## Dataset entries
━━━

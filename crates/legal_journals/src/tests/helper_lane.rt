//! Journals of a helper's lane.

use super::made::{
    Accept, Commit, HelperClose, HelperOpen, HelperOpenTwo, HelperTask, LeaderClose, LeaderOpen,
    Start,
};
use super::{Case, JOB, NEXT, first_wrong};
use dap_bytes::{Node, Part};
use std::test::Fail;

const OPENS: [Case; 11] = [
    (&[], None),
    (&[HelperOpen(2, 1), HelperOpen(2, 1)], None),
    (&[HelperOpen(2, 1), HelperOpenTwo(2, 1)], None),
    (&[HelperOpenTwo(2, 1), HelperOpen(2, 1)], Some(1)),
    (&[HelperOpen(16, 1)], None),
    (&[HelperOpen(17, 1)], Some(0)),
    (&[HelperOpen(1, 1)], Some(0)),
    (&[HelperOpen(2, 0)], Some(0)),
    (&[HelperOpen(2, 1), HelperOpen(4, 1)], Some(1)),
    (&[HelperClose(b'v', 0)], Some(0)),
    (&[HelperClose(b'v', 0), HelperOpen(2, 1)], Some(0)),
];

const STARTS: [Case; 6] = [
    (
        &[
            HelperOpen(2, 1),
            Start(JOB, b'v', b"ac"),
            Start((1, 9, 9), b'v', b"ac"),
        ],
        None,
    ),
    (&[Start(JOB, b'v', b"a")], Some(0)),
    (&[HelperOpen(2, 1), Start((0, 1, 0), b'v', b"a")], Some(1)),
    (&[HelperOpen(2, 1), Start(JOB, b'v', b"ab")], Some(1)),
    (&[HelperOpen(2, 1), Start(JOB, b'v', b"ca")], Some(1)),
    (
        &[
            HelperOpen(2, 1),
            Start(JOB, b'v', b"a"),
            Start(JOB, b'w', b"c"),
        ],
        Some(2),
    ),
];

const COMMITS: [Case; 11] = [
    (
        &[
            HelperOpen(2, 1),
            Start(JOB, b'v', b"ac"),
            Commit(JOB, b"a", b"c"),
        ],
        None,
    ),
    (&[HelperOpen(2, 1), Commit(JOB, b"a", b"")], Some(1)),
    (
        &[
            HelperOpen(2, 1),
            Start(JOB, b'v', b"a"),
            Commit((1, 2, 0), b"a", b""),
        ],
        Some(2),
    ),
    (
        &[
            HelperOpen(2, 1),
            Start(JOB, b'v', b"a"),
            Commit((0, 1, 0), b"a", b""),
        ],
        Some(2),
    ),
    (
        &[
            HelperOpen(2, 1),
            Start(JOB, b'v', b"a"),
            Commit(JOB, b"c", b""),
        ],
        Some(2),
    ),
    (
        &[
            HelperOpen(2, 1),
            Start(JOB, b'v', b"ac"),
            Commit(JOB, b"a", b""),
        ],
        Some(2),
    ),
    (
        &[
            HelperOpen(2, 1),
            Start(JOB, b'v', b"a"),
            Commit(JOB, b"", b"a"),
            Commit(JOB, b"", b"a"),
        ],
        Some(3),
    ),
    (
        &[
            HelperOpen(2, 1),
            Start(JOB, b'v', b"a"),
            Start(NEXT, b'v', b"a"),
            Commit(JOB, b"a", b""),
            Commit(NEXT, b"a", b""),
        ],
        Some(4),
    ),
    (
        &[
            HelperOpen(2, 1),
            Start(JOB, b'v', b"a"),
            Start(NEXT, b'v', b"a"),
            Commit(JOB, b"a", b""),
            Commit(NEXT, b"", b"a"),
        ],
        None,
    ),
    (
        &[
            HelperOpen(2, 1),
            Start(JOB, b'v', b"a"),
            Start(NEXT, b'v', b"a"),
            Commit(JOB, b"", b"a"),
            Commit(NEXT, b"a", b""),
        ],
        None,
    ),
    (
        &[
            HelperOpen(2, 1),
            Start(JOB, b'v', b"a"),
            Start(NEXT, b'w', b"a"),
            Commit(JOB, b"a", b""),
            Commit(NEXT, b"a", b""),
        ],
        None,
    ),
];

const CLOSES: [Case; 2] = [
    (
        &[
            HelperOpen(2, 1),
            HelperClose(b'v', 0),
            HelperClose(b'v', 60),
            HelperClose(b'w', 0),
        ],
        None,
    ),
    (
        &[HelperOpen(2, 1), HelperClose(b'v', 0), HelperClose(b'v', 0)],
        Some(2),
    ),
];

/// Records of other parts.
const OTHERS: [Case; 4] = [
    (&[LeaderOpen(2, 1)], Some(0)),
    (&[HelperOpen(2, 1), Accept(b'v', b'a')], Some(1)),
    (&[HelperOpen(2, 1), LeaderClose(b'v', 0)], Some(1)),
    (&[HelperOpen(2, 1), HelperTask(b'v', 1)], Some(1)),
];

#[test]
fn a_helpers_lane_keeps_its_rules(rt: HostRuntime) -> Result<(), Fail> {
    let alloc = rt.alloc();
    assert_eq!(rt;
        first_wrong(alloc, Node::Helper, Part::Lane(1), &OPENS)?,
        None
    );
    assert_eq!(rt;
        first_wrong(alloc, Node::Helper, Part::Lane(1), &STARTS)?,
        None
    );
    assert_eq!(rt;
        first_wrong(alloc, Node::Helper, Part::Lane(1), &COMMITS)?,
        None
    );
    assert_eq!(rt;
        first_wrong(alloc, Node::Helper, Part::Lane(1), &CLOSES)?,
        None
    );
    assert_eq!(rt;
        first_wrong(alloc, Node::Helper, Part::Lane(1), &OTHERS)?,
        None
    );
    Ok(())
}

━━━

## Exercise aim
Copy out each record from above, exactly.

## Solution to the exercise
filename crates/legal_journals/src/tests/helper_lane.rt
//! Journals of a helper's lane.

use super::made::{
    Accept, Commit, HelperClose, HelperOpen, HelperOpenTwo, HelperTask, LeaderClose, LeaderOpen,
    Start,
};
use super::{Case, JOB, NEXT, first_wrong};
use dap_bytes::{Node, Part};
use std::test::Fail;

const OPENS: [Case; 11] = [
    (&[], None),
    (&[HelperOpen(2, 1), HelperOpen(2, 1)], None),
    (&[HelperOpen(2, 1), HelperOpenTwo(2, 1)], None),
    (&[HelperOpenTwo(2, 1), HelperOpen(2, 1)], Some(1)),
    (&[HelperOpen(16, 1)], None),
    (&[HelperOpen(17, 1)], Some(0)),
    (&[HelperOpen(1, 1)], Some(0)),
    (&[HelperOpen(2, 0)], Some(0)),
    (&[HelperOpen(2, 1), HelperOpen(4, 1)], Some(1)),
    (&[HelperClose(b'v', 0)], Some(0)),
    (&[HelperClose(b'v', 0), HelperOpen(2, 1)], Some(0)),
];

const STARTS: [Case; 6] = [
    (
        &[
            HelperOpen(2, 1),
            Start(JOB, b'v', b"ac"),
            Start((1, 9, 9), b'v', b"ac"),
        ],
        None,
    ),
    (&[Start(JOB, b'v', b"a")], Some(0)),
    (&[HelperOpen(2, 1), Start((0, 1, 0), b'v', b"a")], Some(1)),
    (&[HelperOpen(2, 1), Start(JOB, b'v', b"ab")], Some(1)),
    (&[HelperOpen(2, 1), Start(JOB, b'v', b"ca")], Some(1)),
    (
        &[
            HelperOpen(2, 1),
            Start(JOB, b'v', b"a"),
            Start(JOB, b'w', b"c"),
        ],
        Some(2),
    ),
];

const COMMITS: [Case; 11] = [
    (
        &[
            HelperOpen(2, 1),
            Start(JOB, b'v', b"ac"),
            Commit(JOB, b"a", b"c"),
        ],
        None,
    ),
    (&[HelperOpen(2, 1), Commit(JOB, b"a", b"")], Some(1)),
    (
        &[
            HelperOpen(2, 1),
            Start(JOB, b'v', b"a"),
            Commit((1, 2, 0), b"a", b""),
        ],
        Some(2),
    ),
    (
        &[
            HelperOpen(2, 1),
            Start(JOB, b'v', b"a"),
            Commit((0, 1, 0), b"a", b""),
        ],
        Some(2),
    ),
    (
        &[
            HelperOpen(2, 1),
            Start(JOB, b'v', b"a"),
            Commit(JOB, b"c", b""),
        ],
        Some(2),
    ),
    (
        &[
            HelperOpen(2, 1),
            Start(JOB, b'v', b"ac"),
            Commit(JOB, b"a", b""),
        ],
        Some(2),
    ),
    (
        &[
            HelperOpen(2, 1),
            Start(JOB, b'v', b"a"),
            Commit(JOB, b"", b"a"),
            Commit(JOB, b"", b"a"),
        ],
        Some(3),
    ),
    (
        &[
            HelperOpen(2, 1),
            Start(JOB, b'v', b"a"),
            Start(NEXT, b'v', b"a"),
            Commit(JOB, b"a", b""),
            Commit(NEXT, b"a", b""),
        ],
        Some(4),
    ),
    (
        &[
            HelperOpen(2, 1),
            Start(JOB, b'v', b"a"),
            Start(NEXT, b'v', b"a"),
            Commit(JOB, b"a", b""),
            Commit(NEXT, b"", b"a"),
        ],
        None,
    ),
    (
        &[
            HelperOpen(2, 1),
            Start(JOB, b'v', b"a"),
            Start(NEXT, b'v', b"a"),
            Commit(JOB, b"", b"a"),
            Commit(NEXT, b"a", b""),
        ],
        None,
    ),
    (
        &[
            HelperOpen(2, 1),
            Start(JOB, b'v', b"a"),
            Start(NEXT, b'w', b"a"),
            Commit(JOB, b"a", b""),
            Commit(NEXT, b"a", b""),
        ],
        None,
    ),
];

const CLOSES: [Case; 2] = [
    (
        &[
            HelperOpen(2, 1),
            HelperClose(b'v', 0),
            HelperClose(b'v', 60),
            HelperClose(b'w', 0),
        ],
        None,
    ),
    (
        &[HelperOpen(2, 1), HelperClose(b'v', 0), HelperClose(b'v', 0)],
        Some(2),
    ),
];

/// Records of other parts.
const OTHERS: [Case; 4] = [
    (&[LeaderOpen(2, 1)], Some(0)),
    (&[HelperOpen(2, 1), Accept(b'v', b'a')], Some(1)),
    (&[HelperOpen(2, 1), LeaderClose(b'v', 0)], Some(1)),
    (&[HelperOpen(2, 1), HelperTask(b'v', 1)], Some(1)),
];

#[test]
fn a_helpers_lane_keeps_its_rules(rt: HostRuntime) -> Result<(), Fail> {
    let alloc = rt.alloc();
    assert_eq!(rt;
        first_wrong(alloc, Node::Helper, Part::Lane(1), &OPENS)?,
        None
    );
    assert_eq!(rt;
        first_wrong(alloc, Node::Helper, Part::Lane(1), &STARTS)?,
        None
    );
    assert_eq!(rt;
        first_wrong(alloc, Node::Helper, Part::Lane(1), &COMMITS)?,
        None
    );
    assert_eq!(rt;
        first_wrong(alloc, Node::Helper, Part::Lane(1), &CLOSES)?,
        None
    );
    assert_eq!(rt;
        first_wrong(alloc, Node::Helper, Part::Lane(1), &OTHERS)?,
        None
    );
    Ok(())
}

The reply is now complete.